For each line in the records that contains "rows", make a copy.

(Saved entries)

----

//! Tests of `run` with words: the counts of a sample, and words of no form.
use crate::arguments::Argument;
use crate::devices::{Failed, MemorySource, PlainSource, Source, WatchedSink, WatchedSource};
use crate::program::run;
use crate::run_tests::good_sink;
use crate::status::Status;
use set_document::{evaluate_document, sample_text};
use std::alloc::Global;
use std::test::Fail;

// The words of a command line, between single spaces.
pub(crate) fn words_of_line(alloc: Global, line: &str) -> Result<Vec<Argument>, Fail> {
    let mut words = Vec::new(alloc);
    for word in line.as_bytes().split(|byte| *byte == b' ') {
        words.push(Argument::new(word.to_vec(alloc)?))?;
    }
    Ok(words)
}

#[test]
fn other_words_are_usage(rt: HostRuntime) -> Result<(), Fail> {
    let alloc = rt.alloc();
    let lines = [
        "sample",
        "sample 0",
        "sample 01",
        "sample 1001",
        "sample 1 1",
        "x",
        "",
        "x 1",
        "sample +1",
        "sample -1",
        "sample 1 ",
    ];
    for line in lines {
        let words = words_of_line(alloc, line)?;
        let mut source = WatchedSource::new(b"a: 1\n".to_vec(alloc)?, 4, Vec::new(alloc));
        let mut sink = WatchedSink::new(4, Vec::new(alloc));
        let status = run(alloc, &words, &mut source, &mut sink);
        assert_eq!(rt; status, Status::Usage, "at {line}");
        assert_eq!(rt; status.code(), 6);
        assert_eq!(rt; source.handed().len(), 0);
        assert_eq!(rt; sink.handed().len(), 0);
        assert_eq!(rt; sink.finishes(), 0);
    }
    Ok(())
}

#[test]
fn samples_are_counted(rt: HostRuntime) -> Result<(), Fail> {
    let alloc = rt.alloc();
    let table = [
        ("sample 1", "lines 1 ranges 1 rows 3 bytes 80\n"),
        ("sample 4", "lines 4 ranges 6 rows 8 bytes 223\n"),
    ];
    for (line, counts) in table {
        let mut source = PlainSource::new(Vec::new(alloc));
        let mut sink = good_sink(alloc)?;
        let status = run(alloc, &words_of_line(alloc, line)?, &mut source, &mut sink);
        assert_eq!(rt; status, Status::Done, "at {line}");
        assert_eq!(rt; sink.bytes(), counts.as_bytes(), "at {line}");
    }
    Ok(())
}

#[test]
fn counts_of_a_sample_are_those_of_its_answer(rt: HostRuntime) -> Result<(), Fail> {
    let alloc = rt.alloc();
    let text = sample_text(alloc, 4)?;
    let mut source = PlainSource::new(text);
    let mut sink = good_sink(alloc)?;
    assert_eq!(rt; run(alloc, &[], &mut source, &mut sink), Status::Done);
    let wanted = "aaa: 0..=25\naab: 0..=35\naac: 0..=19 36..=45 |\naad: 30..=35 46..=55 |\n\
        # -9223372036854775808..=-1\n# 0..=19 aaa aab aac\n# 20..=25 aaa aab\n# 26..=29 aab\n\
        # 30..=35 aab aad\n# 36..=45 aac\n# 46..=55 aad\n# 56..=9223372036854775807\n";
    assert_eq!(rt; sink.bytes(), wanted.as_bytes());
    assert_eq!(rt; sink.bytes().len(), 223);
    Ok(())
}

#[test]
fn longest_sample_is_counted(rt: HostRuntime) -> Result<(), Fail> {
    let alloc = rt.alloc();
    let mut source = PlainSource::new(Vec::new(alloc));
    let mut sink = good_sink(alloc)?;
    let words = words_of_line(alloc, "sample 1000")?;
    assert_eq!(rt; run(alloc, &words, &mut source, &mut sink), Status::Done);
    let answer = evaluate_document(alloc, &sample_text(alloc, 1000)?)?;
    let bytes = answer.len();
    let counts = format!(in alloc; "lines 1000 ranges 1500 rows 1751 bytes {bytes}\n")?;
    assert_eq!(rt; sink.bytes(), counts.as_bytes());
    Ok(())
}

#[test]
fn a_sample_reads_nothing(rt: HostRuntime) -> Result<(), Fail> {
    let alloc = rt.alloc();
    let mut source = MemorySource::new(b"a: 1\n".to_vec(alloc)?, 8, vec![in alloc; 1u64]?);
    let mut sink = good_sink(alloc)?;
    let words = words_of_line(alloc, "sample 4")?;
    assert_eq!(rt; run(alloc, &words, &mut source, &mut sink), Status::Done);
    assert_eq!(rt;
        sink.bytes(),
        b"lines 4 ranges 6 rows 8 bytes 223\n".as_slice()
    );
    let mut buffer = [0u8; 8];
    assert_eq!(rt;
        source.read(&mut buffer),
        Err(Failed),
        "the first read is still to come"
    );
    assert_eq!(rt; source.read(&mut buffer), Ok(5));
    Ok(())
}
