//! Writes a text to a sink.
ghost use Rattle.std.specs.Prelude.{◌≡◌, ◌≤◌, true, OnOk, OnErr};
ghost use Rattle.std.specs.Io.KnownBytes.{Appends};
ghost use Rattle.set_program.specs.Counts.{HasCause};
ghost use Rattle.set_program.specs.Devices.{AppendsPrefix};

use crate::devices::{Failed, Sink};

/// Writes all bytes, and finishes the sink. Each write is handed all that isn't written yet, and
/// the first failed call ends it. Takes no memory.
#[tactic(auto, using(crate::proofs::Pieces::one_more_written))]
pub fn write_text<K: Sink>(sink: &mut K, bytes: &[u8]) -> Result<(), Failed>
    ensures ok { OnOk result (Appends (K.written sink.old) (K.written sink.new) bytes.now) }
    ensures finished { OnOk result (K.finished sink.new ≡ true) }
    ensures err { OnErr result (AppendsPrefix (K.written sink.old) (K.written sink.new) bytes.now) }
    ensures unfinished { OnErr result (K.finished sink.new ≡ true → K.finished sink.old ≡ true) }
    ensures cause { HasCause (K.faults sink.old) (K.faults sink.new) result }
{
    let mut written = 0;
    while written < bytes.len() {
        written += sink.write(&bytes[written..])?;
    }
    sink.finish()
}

----

*EXPECTED ANSWER*
        ("sample 1", "lines 1 ranges 1 rows 3 bytes 80\n"),
        ("sample 4", "lines 4 ranges 6 rows 8 bytes 223\n"),
    let counts = format!(in alloc; "lines 1000 ranges 1500 rows 1751 bytes {bytes}\n")?;
        b"lines 4 ranges 6 rows 8 bytes 223\n".as_slice()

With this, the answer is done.